Construction of a HER2– breast cancer reference data sets
A 554-sample HER2– reference breast cancer data, excluding HER2-amplified tumors,
was constructed from four independent breast cancer data sets. The Chin et al. [31] data
set (n=145) was segmented using CBS [27] (=0.01) after BAC probe positions had been
updated to the UCSC Human Genome browser build 17. HER2-amplified tumors were
identified by IHC annotations [31] (n=17) and removed. Regions of genomic gain and
loss were identified by applying fixed log2ratio thresholds (0.1) to CBS data.
The Fridlyand et al. [32] data (n=67) was segmented using CBS (=0.01) after
BAC probe positions had been updated to the UCSC Human Genome browser build 17.
HER2-amplified tumors (n=16) were detected by BAC clone DMPC-HFF#1-61H8 with
log2ratio >0.5 and removed. Regions of genomic gain and loss were identified by
applying fixed log2ratio thresholds (0.1) to CBS data.
The Adelaide et al. [33] data set (n=93) was obtained as segmented data. HER2amplified tumors (n=5) were identified by the average log2ratio of oligonucleotide probes
matching HER2 >0.5, and removed. Regions of genomic gain and loss were identified by
applying fixed log2ratio thresholds (0.15) to segmented data. In addition, RMA
normalized gene expression profiles for 74 tumors were obtained from [33] and log2
transformed. Each probe was mean centered across the entire gene expression data set.
Molecular subtype classification was performed by correlation to gene expression
centroids reported by Hu et al. [41]. Probes were matched based on gene identity to the
306 genes in the Hu et al. centroids. Subtypes were assigned to samples based on highest
Pearson correlation to a subtype centroid. A correlation cut-off of 0.2 was used as
threshold and samples with the highest correlation <0.2 were set as unclassified.

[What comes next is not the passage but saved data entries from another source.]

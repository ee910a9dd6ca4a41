// Which functions of a unit need a guard.

ghost use Rattle.std.specs.Prelude.{◌≡◌, ◌<◌, true, false, length, IfOk};
ghost use Rattle.std.specs.Arc.{arc_value};
ghost use Rattle.cc_ast.specs.Source.{source};
ghost use Rattle.cc_cminor_language.specs.Cminor.{Statement};
ghost use Rattle.cc_guard.specs.Safe.{NeedsNoGuard};
ghost use Rattle.cc_safe.specs.Safe.{AreGuarded, NeedsGuard};
ghost use Rattle.cc_types.specs.Typed.{defined_names};

use cc_cminor::to_cminor;
use cc_guard::needs_no_guard;
use cc_types::TypedUnit;
use std::alloc::{AllocError, Global};
use std::sync::Arc;

// Whether a function needs a guard.
fn needs_guard(alloc: Global, unit: &Arc<TypedUnit>, function: usize) -> Result<bool, AllocError>
    requires { function < length (defined_names (source (arc_value unit.now))) }
    ensures needs { IfOk result (λ needs. needs ≡ true → NeedsGuard (source (arc_value unit.now)).externals function) }
    ensures none { IfOk result (λ needs. needs ≡ false → (s : Statement) × NeedsNoGuard (source (arc_value unit.now)).externals function s) }
{
    let pair = match to_cminor(alloc, unit, function) {
        Ok(pair) => pair,
        Err(_) => return Err(AllocError),
    };
    let none = needs_no_guard(alloc, &pair);
    drop(pair);
    Ok(!none?)
}

/// The functions of a unit that need a guard, by their numbers, in the order of definitions. `Err` if memory runs out.
pub(crate) fn guarded(alloc: Global, unit: &Arc<TypedUnit>) -> Result<Vec<usize>, AllocError>
    ensures { IfOk result (λ found. AreGuarded (source (arc_value unit.now)).externals found.items) }
{
    let mut found = Vec::new(alloc);
    let count = unit.functions();
    for function in 0..count {
        if needs_guard(alloc, unit, function)? {
            found.push(function)?;
        }
    }
    Ok(found)
}
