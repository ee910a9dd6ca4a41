// Statements, each with its guards before it, given the bounds known for variables at that point.
//
// The recursion is as deep as the tree: at most eight levels of Cminor for each of the source's 64 levels.

ghost use Rattle.std.specs.Prelude.{◌≡◌, IfOk, OnOk};
ghost use Rattle.cc_cminor_language.specs.Cminor as cminor;
ghost use Rattle.cc_cminor_language.specs.Code.{expression_of, expressions_of, statement_of, in_sequence};
ghost use Rattle.cc_cminor_language.specs.Statements.{statements_of};
ghost use Rattle.cc_guard.specs.Guard.{known_after, code_after};
ghost use Rattle.cc_guard.specs.internal.Written.{SeesStatement, sizes_of};

use crate::after::{after, head, meet, within};
use crate::boxes::sequence;
use crate::changed::{kept, leaves};
use crate::expressions::{expression, expressions, index};
use crate::guards::{Seen, begun, finished, note};
use crate::known::Limit;
use crate::sizes::ObjectSize;
use cc_cminor_language::{Expression, Statement, boxed_statement};
use cc_words::Width;
use std::alloc::{AllocError, Global};

fn set(
    alloc: Global,
    sizes: &[ObjectSize],
    first: usize,
    blocks: usize,
    seen: &mut Seen,
    known: &[Limit],
    variable: usize,
    e: &Expression,
) -> Result<Box<Statement>, AllocError>
    ensures code { IfOk result (λ s. statement_of s.value ≡ code_after (sizes_of sizes.now) first known.now blocks (cminor.Set variable (expression_of e.now))) }
    ensures seen { OnOk result (SeesStatement (sizes_of sizes.now) first known.now (cminor.Set variable (expression_of e.now)) seen.old seen.new) }
{
    let mut guards = begun(alloc, first, known)?;
    let value = expression(alloc, sizes, blocks, &mut guards, e)?;
    note(&guards, seen);
    finished(alloc, guards, Statement::Set(variable, value))
}

fn store(
    alloc: Global,
    sizes: &[ObjectSize],
    first: usize,
    blocks: usize,
    seen: &mut Seen,
    known: &[Limit],
    width: Width,
    object: usize,
    i: &Expression,
    e: &Expression,
) -> Result<Box<Statement>, AllocError>
    ensures code { IfOk result (λ s. statement_of s.value ≡ code_after (sizes_of sizes.now) first known.now blocks (cminor.Store width object (expression_of i.now) (expression_of e.now))) }
    ensures seen { OnOk result (SeesStatement (sizes_of sizes.now) first known.now (cminor.Store width object (expression_of i.now) (expression_of e.now)) seen.old seen.new) }
{
    let mut guards = begun(alloc, first, known)?;
    let i = index(alloc, sizes, blocks, &mut guards, width, object, i)?;
    let value = expression(alloc, sizes, blocks, &mut guards, e)?;
    note(&guards, seen);
    finished(alloc, guards, Statement::Store(width, object, i, value))
}

fn call(
    alloc: Global,
    sizes: &[ObjectSize],
    first: usize,
    blocks: usize,
    seen: &mut Seen,
    known: &[Limit],
    to: Option<usize>,
    function: usize,
    es: &[Expression],
) -> Result<Box<Statement>, AllocError>
    ensures code { IfOk result (λ s. statement_of s.value ≡ code_after (sizes_of sizes.now) first known.now blocks (cminor.Call to function (expressions_of es.now))) }
    ensures seen { OnOk result (SeesStatement (sizes_of sizes.now) first known.now (cminor.Call to function (expressions_of es.now)) seen.old seen.new) }
{
    let mut guards = begun(alloc, first, known)?;
    let values = expressions(alloc, sizes, blocks, &mut guards, es)?;
    note(&guards, seen);
    finished(alloc, guards, Statement::Call(to, function, values))
}

fn write(
    alloc: Global,
    sizes: &[ObjectSize],
    first: usize,
    blocks: usize,
    seen: &mut Seen,
    known: &[Limit],
    e: &Expression,
) -> Result<Box<Statement>, AllocError>
    ensures code { IfOk result (λ s. statement_of s.value ≡ code_after (sizes_of sizes.now) first known.now blocks (cminor.Write (expression_of e.now))) }
    ensures seen { OnOk result (SeesStatement (sizes_of sizes.now) first known.now (cminor.Write (expression_of e.now)) seen.old seen.new) }
{
    let mut guards = begun(alloc, first, known)?;
    let value = expression(alloc, sizes, blocks, &mut guards, e)?;
    note(&guards, seen);
    finished(alloc, guards, Statement::Write(value))
}

fn give_back(
    alloc: Global,
    sizes: &[ObjectSize],
    first: usize,
    blocks: usize,
    seen: &mut Seen,
    known: &[Limit],
    e: &Expression,
) -> Result<Box<Statement>, AllocError>
    ensures code { IfOk result (λ s. statement_of s.value ≡ code_after (sizes_of sizes.now) first known.now blocks (cminor.Return (expression_of e.now))) }
    ensures seen { OnOk result (SeesStatement (sizes_of sizes.now) first known.now (cminor.Return (expression_of e.now)) seen.old seen.new) }
{
    let mut guards = begun(alloc, first, known)?;
    let value = expression(alloc, sizes, blocks, &mut guards, e)?;
    note(&guards, seen);
    finished(alloc, guards, Statement::Return(value))
}

/// A statement with its guards, and the bounds known after it.
#[derive(Drop)]
pub struct Done {
    pub code: Box<Statement>,
    pub known: Vec<Limit>,
}

// Returns this code as done. A separate walk of the statement finds the bounds known after it, so this function is used
// only for statements that contain no others.
fn alone(
    alloc: Global,
    sizes: &[ObjectSize],
    first: usize,
    known: &[Limit],
    s: &Statement,
    code: Box<Statement>,
) -> Result<Done, AllocError>
    ensures code { IfOk result (λ done. done.code ≡ code) }
    ensures known { IfOk result (λ done. done.known.items ≡ known_after (sizes_of sizes.now) first known.now (statement_of s.now)) }
{
    let known = after(alloc, sizes, first, known, s)?;
    Ok(Done { code, known })
}

/// A statement with its guards. The statement is in `blocks` blocks, its guards set variables from `first` on, and `known` are
/// the bounds known before it.
#[cycle(statements)]
pub fn statement(
    alloc: Global,
    sizes: &[ObjectSize],
    first: usize,
    blocks: usize,
    seen: &mut Seen,
    known: &[Limit],
    s: &Statement,
) -> Result<Done, AllocError>
    ensures code { IfOk result (λ done. statement_of done.code.value ≡ code_after (sizes_of sizes.now) first known.now blocks (statement_of s.now)) }
    ensures known { IfOk result (λ done. done.known.items ≡ known_after (sizes_of sizes.now) first known.now (statement_of s.now)) }
    ensures seen { OnOk result (SeesStatement (sizes_of sizes.now) first known.now (statement_of s.now) seen.old seen.new) }
{
    match s {
        Statement::Skip => {
            let code = boxed_statement(alloc, Statement::Skip)?;
            alone(alloc, sizes, first, known, s, code)
        }
        Statement::Set(variable, e) => {
            let code = set(alloc, sizes, first, blocks, seen, known, *variable, e)?;
            alone(alloc, sizes, first, known, s, code)
        }
        Statement::Store(width, object, i, e) => {
            let code = store(
                alloc, sizes, first, blocks, seen, known, *width, *object, i, e,
            )?;
            alone(alloc, sizes, first, known, s, code)
        }
        Statement::Call(to, function, es) => {
            let code = call(
                alloc,
                sizes,
                first,
                blocks,
                seen,
                known,
                *to,
                *function,
                es.as_slice(),
            )?;
            alone(alloc, sizes, first, known, s, code)
        }
        Statement::Read(to) => {
            let code = boxed_statement(alloc, Statement::Read(*to))?;
            alone(alloc, sizes, first, known, s, code)
        }
        Statement::Write(e) => {
            let code = write(alloc, sizes, first, blocks, seen, known, e)?;
            alone(alloc, sizes, first, known, s, code)
        }
        Statement::Sequence(all) => {
            statements(alloc, sizes, first, blocks, seen, known, all.as_slice())
        }
        Statement::If(e, nonzero, otherwise) => {
            let mut guards = begun(alloc, first, known)?;
            let value = expression(alloc, sizes, blocks, &mut guards, e)?;
            note(&guards, seen);
            let before = kept(alloc, first, s, guards.known.as_slice())?;
            let one = within(alloc, first, true, guards.known.as_slice(), e)?;
            let done = statement(alloc, sizes, first, blocks, seen, one.as_slice(), nonzero)?;
            let Done {
                code: nonzero_code,
                known: one,
            } = done;
            let other = within(alloc, first, false, guards.known.as_slice(), e)?;
            let done = statement(
                alloc,
                sizes,
                first,
                blocks,
                seen,
                other.as_slice(),
                otherwise,
            )?;
            let Done {
                code: otherwise_code,
                known: other,
            } = done;
            let known = meet(alloc, first, s, nonzero, otherwise, before, one, other)?;
            let code = finished(
                alloc,
                guards,
                Statement::If(value, nonzero_code, otherwise_code),
            )?;
            Ok(Done { code, known })
        }
        Statement::Loop(body) => {
            let again = head(alloc, sizes, first, known, body)?;
            let done = statement(alloc, sizes, first, blocks, seen, again.as_slice(), body)?;
            let Done {
                code: body_code,
                known: after_turn,
            } = done;
            drop(after_turn);
            let code = boxed_statement(alloc, Statement::Loop(body_code))?;
            let known = kept(alloc, first, body, known)?;
            Ok(Done { code, known })
        }
        Statement::Block(body) => {
            let Some(inside) = blocks.checked_add(1) else {
                return Err(AllocError);
            };
            let is_left = leaves(0, body)?;
            let done = statement(alloc, sizes, first, inside, seen, known, body)?;
            let Done {
                code: body_code,
                known: after_body,
            } = done;
            let code = boxed_statement(alloc, Statement::Block(body_code))?;
            if is_left {
                drop(after_body);
                let known = kept(alloc, first, body, known)?;
                Ok(Done { code, known })
            } else {
                Ok(Done {
                    code,
                    known: after_body,
                })
            }
        }
        Statement::Exit(k) => {
            let code = boxed_statement(alloc, Statement::Exit(*k))?;
            alone(alloc, sizes, first, known, s, code)
        }
        Statement::Return(e) => {
            let code = give_back(alloc, sizes, first, blocks, seen, known, e)?;
            alone(alloc, sizes, first, known, s, code)
        }
    }
}

#[cycle(statements)]
fn statements(
    alloc: Global,
    sizes: &[ObjectSize],
    first: usize,
    blocks: usize,
    seen: &mut Seen,
    known: &[Limit],
    all: &[Statement],
) -> Result<Done, AllocError>
    ensures code { IfOk result (λ done. statement_of done.code.value ≡ code_after (sizes_of sizes.now) first known.now blocks (in_sequence (statements_of all.now))) }
    ensures known { IfOk result (λ done. done.known.items ≡ known_after (sizes_of sizes.now) first known.now (in_sequence (statements_of all.now))) }
    ensures seen { OnOk result (SeesStatement (sizes_of sizes.now) first known.now (in_sequence (statements_of all.now)) seen.old seen.new) }
{
    let mut codes = Vec::new(alloc);
    let mut limits = Vec::from_slice(alloc, known)?;
    for s in all {
        let done = statement(alloc, sizes, first, blocks, seen, limits.as_slice(), s)?;
        let Done { code, known } = done;
        codes.push(Box::into_inner(code))?;
        limits = known;
    }
    let code = sequence(alloc, codes)?;
    Ok(Done {
        code,
        known: limits,
    })
}
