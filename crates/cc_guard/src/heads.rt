// The bounds that hold on both of two ways, and the bounds known at a loop's head that are still known after a turn of the
// loop.

ghost use Rattle.std.specs.Prelude.{◌≡◌, ◌++◌, IfOk};
ghost use Rattle.cc_cminor_language.specs.Code.{statement_of};
ghost use Rattle.cc_guard.specs.Guard.{joined, kept, unset, at_most, all_again, still, widened};

use crate::changed::kept_set;
use crate::known::{Limit, most_in};
use cc_cminor_language::Statement;
use std::alloc::{AllocError, Global};

/// The bounds `known`, then the bounds `more`.
pub fn together(alloc: Global, known: &[Limit], more: &[Limit]) -> Result<Vec<Limit>, AllocError>
    ensures { IfOk result (λ limits. limits.items ≡ known.now ++ more.now) }
{
    let mut limits = Vec::from_slice(alloc, known)?;
    limits.extend_from_slice(more)?;
    Ok(limits)
}

/// The bounds that hold on both of two ways: for each variable with a bound on both, the greater of the two.
pub fn joined(alloc: Global, one: &[Limit], other: &[Limit]) -> Result<Vec<Limit>, AllocError>
    ensures { IfOk result (λ limits. limits.items ≡ joined one.now other.now) }
{
    let mut limits = Vec::new(alloc);
    for limit in one {
        if let Some(most) = most_in(other, limit.variable) {
            limits.push(Limit {
                variable: limit.variable,
                most: limit.most.max(most),
            })?;
        }
    }
    Ok(limits)
}

/// The bounds known after an `If` if control can reach the ends of both its ways.
pub fn met_both(
    alloc: Global,
    first: usize,
    s: &Statement,
    before: &[Limit],
    one: &[Limit],
    other: &[Limit],
) -> Result<Vec<Limit>, AllocError>
    ensures { IfOk result (λ limits. limits.items ≡ before.now ++ joined (kept first (unset (statement_of s.now)) one.now) other.now) }
{
    let changed = kept_set(alloc, first, s, one)?;
    let both = joined(alloc, changed.as_slice(), other)?;
    together(alloc, before, both.as_slice())
}

// Whether a bound is known and is at most this word.
fn at_most(most: Option<u32>, word: u32) -> bool
    ensures { result ≡ at_most most word }
{
    match most {
        None => false,
        Some(most) => most <= word,
    }
}

/// Whether all the bounds known at the head are known again after a turn.
pub fn all_again(after: &[Limit], head: &[Limit]) -> bool
    ensures { result ≡ all_again after.now head.now }
{
    let mut again = true;
    for limit in head {
        again = again && at_most(most_in(after, limit.variable), limit.most);
    }
    again
}

/// The bounds known at the head that are known again after a turn.
pub fn still(alloc: Global, after: &[Limit], head: &[Limit]) -> Result<Vec<Limit>, AllocError>
    ensures { IfOk result (λ limits. limits.items ≡ still after.now head.now) }
{
    let mut limits = Vec::new(alloc);
    for limit in head {
        if at_most(most_in(after, limit.variable), limit.most) {
            limits.push(*limit)?;
        }
    }
    Ok(limits)
}

/// The bounds to try at a loop's head, given those after a turn that started with the bounds known before the loop. In place of
/// a bound that grew, a far greater one is tried.
pub fn widened(alloc: Global, after: &[Limit], before: &[Limit]) -> Result<Vec<Limit>, AllocError>
    ensures { IfOk result (λ limits. limits.items ≡ widened after.now before.now) }
{
    let mut limits = Vec::new(alloc);
    for limit in before {
        let again = at_most(most_in(after, limit.variable), limit.most);
        let most = if again {
            limit.most
        } else {
            limit.most.max(1073741824)
        };
        limits.push(Limit {
            variable: limit.variable,
            most,
        })?;
    }
    Ok(limits)
}
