/// Takes the step of one event, and answers the reply, if the event gives one. Fails with 29 if the event is not possible, and
/// with 40 if memory ran out; the contents are then as before.
pub(crate) fn take_step<B: Build>(
    build: &B,
    alloc: Global,
    contents: &mut Contents<B::Piece>,
    event: Event<B::Piece>,
) -> Answer
    requires { IsReady contents.old.core }
    ensures answers { Answers (Step B.rules contents.old event) result contents.old contents.new }
    ensures hands { OnOk result (HandsIn B.keeps event) }
    ensures puts { OnOk result (PutsCommand contents.old.core contents.new.core) }
{
    match event {
        Event::Submit(client, call, request) => {
            submit(build, alloc, contents, client, call, request)
        }
        Event::Take(worker, client, part) => take(contents, worker, client, part),
        Event::Done(worker, piece) => finish(build, contents, worker, piece),
        Event::Refuse(worker, number) => refuse(contents, worker, number),
        Event::Begin(client) => begin(build, alloc, contents, client),
        Event::WriteBody => write_body(alloc, &mut contents.core),
        Event::SyncBody => sync_body(&mut contents.core),
        Event::WriteGate => write_gate(alloc, &mut contents.core),
        Event::SyncGate => sync_gate(&mut contents.core),
        Event::RewriteAll => rewrite_all(alloc, &mut contents.core),
        Event::SyncAll => sync_all(&mut contents.core),
        Event::WriteArea => write_area(&mut contents.core),
        Event::SyncArea => sync_area(&mut contents.core),
        Event::Fail => fail(alloc, contents),
        Event::Ack(client) => acknowledge(contents, client),
        Event::Crash(choice) => crash(alloc, contents, &choice),
        Event::Recover => recover(alloc, &mut contents.core),
    }
}
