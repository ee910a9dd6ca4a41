// What holds for all guarded code.

ghost use Rattle.cc_guard.specs.Laws.{GuardsSetFew, UnguardedStays};
ghost use Rattle.cc_guard.specs.Safe.{OnlyDepthIsLeft};

use cc_c_semantics::{calls_go_on, programs_call_main, units_have_meanings};

/// Shows that guards set at most two variables for each operation that can lack a value.
pub fn guards_set_few()
    ensures { GuardsSetFew }
{}

/// Shows that code without guards stays as it was, with no loop at its end.
pub fn unguarded_code_stays()
    ensures { UnguardedStays }
{}

/// Shows that a typed unit in which no function needs a guard never goes wrong in a division, a shift or an index, on any input
/// and at any bound: it goes wrong only because calls are nested too deep.
pub fn only_depth_is_left()
    ensures { OnlyDepthIsLeft }
{
    units_have_meanings();
    programs_call_main();
    calls_go_on();
}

The Jönsson et al. (Jönsson et al., submitted 2009) data set (n=359) was processed
similarly as the 200 HER2+ tumors, using the same BAC aCGH platform, CBS analysis
and calling of copy number aberrations. HER2-amplified tumors (n=72) were identified
by the average log2ratio of five BAC clones mapping to HER2 (RP11-94L15, RP1162N23, RP11-563O4, RP11-689B15, RP11-610O22) >0.5 and removed. All data sets
were next transformed to a common 100kb probe set as described [34] and merged.
Threshold for amplification was set to segmented log2ratio ≥0.5, and for highlevel amplification to segmented log2ratio >0.8 for HER2– tumors in the reference data
set. A lower threshold for high-level amplifications, compared to HER2+ tumors, were
chosen due to different characteristics (aCGH platforms) for individual data sets included
in the combined reference data set.
Gene expression analysis
Gene expression data for 87 of the 200 HER2-amplified tumors were available as either
oligonucleotide data (n=58) from the Jönsson et al. data set or as cDNA data (n=29) [22]
part of larger BC data sets (n=359 and n=168 respectively). Data sets were individually
processed as described (Jönsson et al. submitted, and [22]). Both data sets were classified
according to the gene expression subtypes [15], using the Hu et al. [41] gene list.